* Goal of the exercise *
Could you transcribe every record below exactly as it stands?

Collected data
// Making a list: the phases one after the other, the choice, and the answer in the lent room.

#![tactic(auto)]

ghost use Rattle.std.specs.Prelude.{◌≡◌, ◌≤◌, length};
ghost use Rattle.meaning.specs.Numbers.{done};
ghost use Rattle.meaning.specs.Block.{declared};
ghost use Rattle.meaning.specs.Choice.{packed_list};
ghost use Rattle.meaning.specs.Calls.{list_made, make_list_call};
ghost use Rattle.facts.specs.Filled.{no_tables};
ghost use Rattle.facts.specs.Tied.{Stated};
ghost use Rattle.choice.specs.Promises.{Legal, Holds};
ghost use Rattle.maker.specs.Promises.{answer, returned};

use encode::Written;
use facts::Tables;
use meaning::{Block, Refusal};

// What making a list returns: "list length, block price, list price", zeros beside a refusal. The public call promises
// these numbers, so they stay side by side; `make` answers by a Result.
#[derive(Clone, Copy)]
pub struct Made {
    pub status: u8,
    pub size: usize,
    pub block: u64,
    pub list: u64,
}

// A list that was made: its length in the room, and what the block and the list cost.
#[derive(Clone, Copy)]
pub struct List {
    pub size: usize,
    pub block_price: u64,
    pub list_price: u64,
}

// "zeros beside its number, except that 7 also returns the length needed"
impl From<Result<List, Refusal>> for Made {
    ghost from_gives = { λ outcome made. made ≡ returned outcome };

    fn from(outcome: Result<List, Refusal>) -> Made {
        match outcome {
            Ok(list) => Made {
                status: 0,
                size: list.size,
                block: list.block_price,
                list: list.list_price,
            },
            Err(refusal) => Made {
                status: refusal.number(),
                size: refusal.needed(),
                block: 0,
                list: 0,
            },
        }
    }
}

// The bytes of the packed list. The tables are filled from the block's statements.
#[tactic(auto, using(crate::proofs::Packing::slots_few, crate::proofs::Packing::slots_fit, crate::proofs::Packing::slots_stated))]
fn write_packed(block: Block, n: usize, tables: &mut Tables, out: &mut [u8]) -> Written
    requires counted { n ≡ length (declared block).statements }
    requires legal { Legal (declared block) }
    requires empty { tables.old ≡ no_tables }
    requires room { 4000 ≤ length out.old }
    ensures holds { Holds (declared block).statements (packed_list (declared block)) out.new result.size result.price }
    ensures stated { Stated (declared block).statements tables.new.facts }
{
    let statements = &block.statements[..n];
    let mut scheduled = [0u64; 64];
    phases::fill_tables(statements, tables);
    let count = phases::schedule_units(statements, tables, &mut scheduled);
    emit::emission(out, tables, &scheduled, count, block.live)
}

// "Making a list: block, then 7."
fn make_read(block: Block, room: &mut [u8]) -> Result<List, Refusal>
    requires { Legal (declared block) }
    ensures { answer (returned result) room.new ≡ list_made room.old (done (declared block)) }
{
    let n = run_block::at_most(block.count, 64);
    let mut tables = Tables::empty();
    let mut out = [0u8; 4096];
    // No From goes from usize to u64.
    let price = run_block::block_price(block) as u64;
    let packed = write_packed(block, n, &mut tables, &mut out);
    let w = choice::choose(&mut out, &tables, block, n, packed, price);
    let size = usize::from(w.size);
    if room.len() < size {
        return Err(Refusal::Room { needed: size });
    }
    room[..size].copy_from_slice(&out[..size]);
    Ok(List {
        size,
        block_price: price,
        list_price: w.price,
    })
}

#[tactic(auto, using(crate::proofs::Answers::stopped, crate::proofs::Answers::went_on))]
pub fn make(bytes: &[u8], room: &mut [u8]) -> Result<List, Refusal>
    ensures { answer (returned result) room.new ≡ make_list_call bytes.now room.old }
{
    let block = reader::parse_block(bytes)?;
    make_read(block, room)
}

// The same with the number that is returned.
pub fn make_list(bytes: &[u8], room: &mut [u8]) -> Made
    ensures { answer result room.new ≡ make_list_call bytes.now room.old }
{
    Made::from(make(bytes, room))
}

* Result *
// Making a list: the phases one after the other, the choice, and the answer in the lent room.

#![tactic(auto)]

ghost use Rattle.std.specs.Prelude.{◌≡◌, ◌≤◌, length};
ghost use Rattle.meaning.specs.Numbers.{done};
ghost use Rattle.meaning.specs.Block.{declared};
ghost use Rattle.meaning.specs.Choice.{packed_list};
ghost use Rattle.meaning.specs.Calls.{list_made, make_list_call};
ghost use Rattle.facts.specs.Filled.{no_tables};
ghost use Rattle.facts.specs.Tied.{Stated};
ghost use Rattle.choice.specs.Promises.{Legal, Holds};
ghost use Rattle.maker.specs.Promises.{answer, returned};

use encode::Written;
use facts::Tables;
use meaning::{Block, Refusal};

// What making a list returns: "list length, block price, list price", zeros beside a refusal. The public call promises
// these numbers, so they stay side by side; `make` answers by a Result.
#[derive(Clone, Copy)]
pub struct Made {
    pub status: u8,
    pub size: usize,
    pub block: u64,
    pub list: u64,
}

// A list that was made: its length in the room, and what the block and the list cost.
#[derive(Clone, Copy)]
pub struct List {
    pub size: usize,
    pub block_price: u64,
    pub list_price: u64,
}

// "zeros beside its number, except that 7 also returns the length needed"
impl From<Result<List, Refusal>> for Made {
    ghost from_gives = { λ outcome made. made ≡ returned outcome };

    fn from(outcome: Result<List, Refusal>) -> Made {
        match outcome {
            Ok(list) => Made {
                status: 0,
                size: list.size,
                block: list.block_price,
                list: list.list_price,
            },
            Err(refusal) => Made {
                status: refusal.number(),
                size: refusal.needed(),
                block: 0,
                list: 0,
            },
        }
    }
}

// The bytes of the packed list. The tables are filled from the block's statements.
#[tactic(auto, using(crate::proofs::Packing::slots_few, crate::proofs::Packing::slots_fit, crate::proofs::Packing::slots_stated))]
fn write_packed(block: Block, n: usize, tables: &mut Tables, out: &mut [u8]) -> Written
    requires counted { n ≡ length (declared block).statements }
    requires legal { Legal (declared block) }
    requires empty { tables.old ≡ no_tables }
    requires room { 4000 ≤ length out.old }
    ensures holds { Holds (declared block).statements (packed_list (declared block)) out.new result.size result.price }
    ensures stated { Stated (declared block).statements tables.new.facts }
{
    let statements = &block.statements[..n];
    let mut scheduled = [0u64; 64];
    phases::fill_tables(statements, tables);
    let count = phases::schedule_units(statements, tables, &mut scheduled);
    emit::emission(out, tables, &scheduled, count, block.live)
}

// "Making a list: block, then 7."
fn make_read(block: Block, room: &mut [u8]) -> Result<List, Refusal>
    requires { Legal (declared block) }
    ensures { answer (returned result) room.new ≡ list_made room.old (done (declared block)) }
{
    let n = run_block::at_most(block.count, 64);
    let mut tables = Tables::empty();
    let mut out = [0u8; 4096];
    // No From goes from usize to u64.
    let price = run_block::block_price(block) as u64;
    let packed = write_packed(block, n, &mut tables, &mut out);
    let w = choice::choose(&mut out, &tables, block, n, packed, price);
    let size = usize::from(w.size);
    if room.len() < size {
        return Err(Refusal::Room { needed: size });
    }
    room[..size].copy_from_slice(&out[..size]);
    Ok(List {
        size,
        block_price: price,
        list_price: w.price,
    })
}

#[tactic(auto, using(crate::proofs::Answers::stopped, crate::proofs::Answers::went_on))]
pub fn make(bytes: &[u8], room: &mut [u8]) -> Result<List, Refusal>
    ensures { answer (returned result) room.new ≡ make_list_call bytes.now room.old }
{
    let block = reader::parse_block(bytes)?;
    make_read(block, room)
}

// The same with the number that is returned.
pub fn make_list(bytes: &[u8], room: &mut [u8]) -> Made
    ensures { answer result room.new ≡ make_list_call bytes.now room.old }
{
    Made::from(make(bytes, room))
}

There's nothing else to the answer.